### Exercise instructions
A verbatim reproduction of every entry is the expected answer.

=== Data provided ===

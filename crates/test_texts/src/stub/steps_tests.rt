//! The bytes that prepared code gives for packed tapes, and takes back.

use crate::rows::{TextCase, all_hold};
use crate::stub::verify_tests::verify_ops;
use fl_stub::Op;
use fl_stub_steps::{PreparedCode, prepare};
use std::alloc::{AllocError, Global};
use std::test::Fail;

// Send code, a packed tape, and the bytes that are given.
struct Given {
    ops: &'static [Op],
    tape: &'static [u8],
    bytes: &'static [u8],
}

const GIVEN: &[Given] = &[
    // a string between numbers
    Given {
        ops: &[
            Op::Emit(1),
            Op::Align,
            Op::Length(2_047),
            Op::Each,
            Op::Emit(1),
            Op::Back,
            Op::Align,
            Op::Emit(2),
            Op::End,
        ],
        tape: &[7, 3, 0, 0, 0, 0, 0, 0, 0, 97, 98, 99, 0x34, 0x12],
        bytes: &[
            7, 0, 0, 0, 0, 0, 0, 0, 3, 0, 0, 0, 0, 0, 0, 0, 97, 98, 99, 0, 0, 0, 0, 0, 0x34, 0x12,
        ],
    },
    // loops in loops, one of them counted and empty in its second turn
    Given {
        ops: &[
            Op::Times(2),
            Op::Length(4),
            Op::Each,
            Op::Times(2),
            Op::Emit(1),
            Op::Pad(3),
            Op::Back,
            Op::Back,
            Op::Back,
            Op::Emit(1),
            Op::End,
        ],
        tape: &[1, 0, 0, 0, 0, 0, 0, 0, 5, 6, 0, 0, 0, 0, 0, 0, 0, 0, 77],
        bytes: &[
            1, 0, 0, 0, 0, 0, 0, 0, 5, 0, 0, 0, 6, 0, 0, 0, 0, 0, 0, 0, 0, 0, 0, 0, 77,
        ],
    },
    // numbers side by side, in a loop and before it
    Given {
        ops: &[
            Op::Emit(2),
            Op::Times(3),
            Op::Emit(1),
            Op::Emit(1),
            Op::Back,
            Op::End,
        ],
        tape: &[1, 2, 3, 4, 5, 6, 7, 8],
        bytes: &[1, 2, 3, 4, 5, 6, 7, 8],
    },
];

// Whether code takes the tape back from its bytes with zeros behind them up to a multiple of 8, and leaves these.
fn takes_back(alloc: Global, prepared: &PreparedCode, row: &Given) -> Result<bool, AllocError> {
    let mut payload = Vec::from_slice(alloc, row.bytes)?;
    payload.resize((row.bytes.len() + 7) / 8 * 8, 0)?;
    let mut tape = Vec::new(alloc);
    let left = prepared.take(&payload, &mut tape)?;
    Ok(tape.as_slice() == row.tape && left.len() + row.bytes.len() == payload.len())
}

impl TextCase for Given {
    fn holds(&self, alloc: Global) -> Result<bool, Fail> {
        let Some(code) = verify_ops(alloc, self.ops)? else {
            return Ok(false);
        };
        let prepared = prepare(alloc, &code)?;
        let mut bytes = Vec::new(alloc);
        prepared.give(self.tape, &mut bytes)?;
        Ok(bytes.as_slice() == self.bytes && takes_back(alloc, &prepared, self)?)
    }
}

#[test]
fn prepared_code_gives_and_takes_its_bytes(rt: HostRuntime) -> Result<(), Fail> {
    all_hold(rt.alloc(), "rows", GIVEN)
}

===

### Answer
filename crates/test_texts/src/stub/steps_tests.rt
//! The bytes that prepared code gives for packed tapes, and takes back.

use crate::rows::{TextCase, all_hold};
use crate::stub::verify_tests::verify_ops;
use fl_stub::Op;
use fl_stub_steps::{PreparedCode, prepare};
use std::alloc::{AllocError, Global};
use std::test::Fail;

// Send code, a packed tape, and the bytes that are given.
struct Given {
    ops: &'static [Op],
    tape: &'static [u8],
    bytes: &'static [u8],
}

const GIVEN: &[Given] = &[
    // a string between numbers
    Given {
        ops: &[
            Op::Emit(1),
            Op::Align,
            Op::Length(2_047),
            Op::Each,
            Op::Emit(1),
            Op::Back,
            Op::Align,
            Op::Emit(2),
            Op::End,
        ],
        tape: &[7, 3, 0, 0, 0, 0, 0, 0, 0, 97, 98, 99, 0x34, 0x12],
        bytes: &[
            7, 0, 0, 0, 0, 0, 0, 0, 3, 0, 0, 0, 0, 0, 0, 0, 97, 98, 99, 0, 0, 0, 0, 0, 0x34, 0x12,
        ],
    },
    // loops in loops, one of them counted and empty in its second turn
    Given {
        ops: &[
            Op::Times(2),
            Op::Length(4),
            Op::Each,
            Op::Times(2),
            Op::Emit(1),
            Op::Pad(3),
            Op::Back,
            Op::Back,
            Op::Back,
            Op::Emit(1),
            Op::End,
        ],
        tape: &[1, 0, 0, 0, 0, 0, 0, 0, 5, 6, 0, 0, 0, 0, 0, 0, 0, 0, 77],
        bytes: &[
            1, 0, 0, 0, 0, 0, 0, 0, 5, 0, 0, 0, 6, 0, 0, 0, 0, 0, 0, 0, 0, 0, 0, 0, 77,
        ],
    },
    // numbers side by side, in a loop and before it
    Given {
        ops: &[
            Op::Emit(2),
            Op::Times(3),
            Op::Emit(1),
            Op::Emit(1),
            Op::Back,
            Op::End,
        ],
        tape: &[1, 2, 3, 4, 5, 6, 7, 8],
        bytes: &[1, 2, 3, 4, 5, 6, 7, 8],
    },
];

// Whether code takes the tape back from its bytes with zeros behind them up to a multiple of 8, and leaves these.
fn takes_back(alloc: Global, prepared: &PreparedCode, row: &Given) -> Result<bool, AllocError> {
    let mut payload = Vec::from_slice(alloc, row.bytes)?;
    payload.resize((row.bytes.len() + 7) / 8 * 8, 0)?;
    let mut tape = Vec::new(alloc);
    let left = prepared.take(&payload, &mut tape)?;
    Ok(tape.as_slice() == row.tape && left.len() + row.bytes.len() == payload.len())
}

impl TextCase for Given {
    fn holds(&self, alloc: Global) -> Result<bool, Fail> {
        let Some(code) = verify_ops(alloc, self.ops)? else {
            return Ok(false);
        };
        let prepared = prepare(alloc, &code)?;
        let mut bytes = Vec::new(alloc);
        prepared.give(self.tape, &mut bytes)?;
        Ok(bytes.as_slice() == self.bytes && takes_back(alloc, &prepared, self)?)
    }
}

#[test]
fn prepared_code_gives_and_takes_its_bytes(rt: HostRuntime) -> Result<(), Fail> {
    all_hold(rt.alloc(), "rows", GIVEN)
}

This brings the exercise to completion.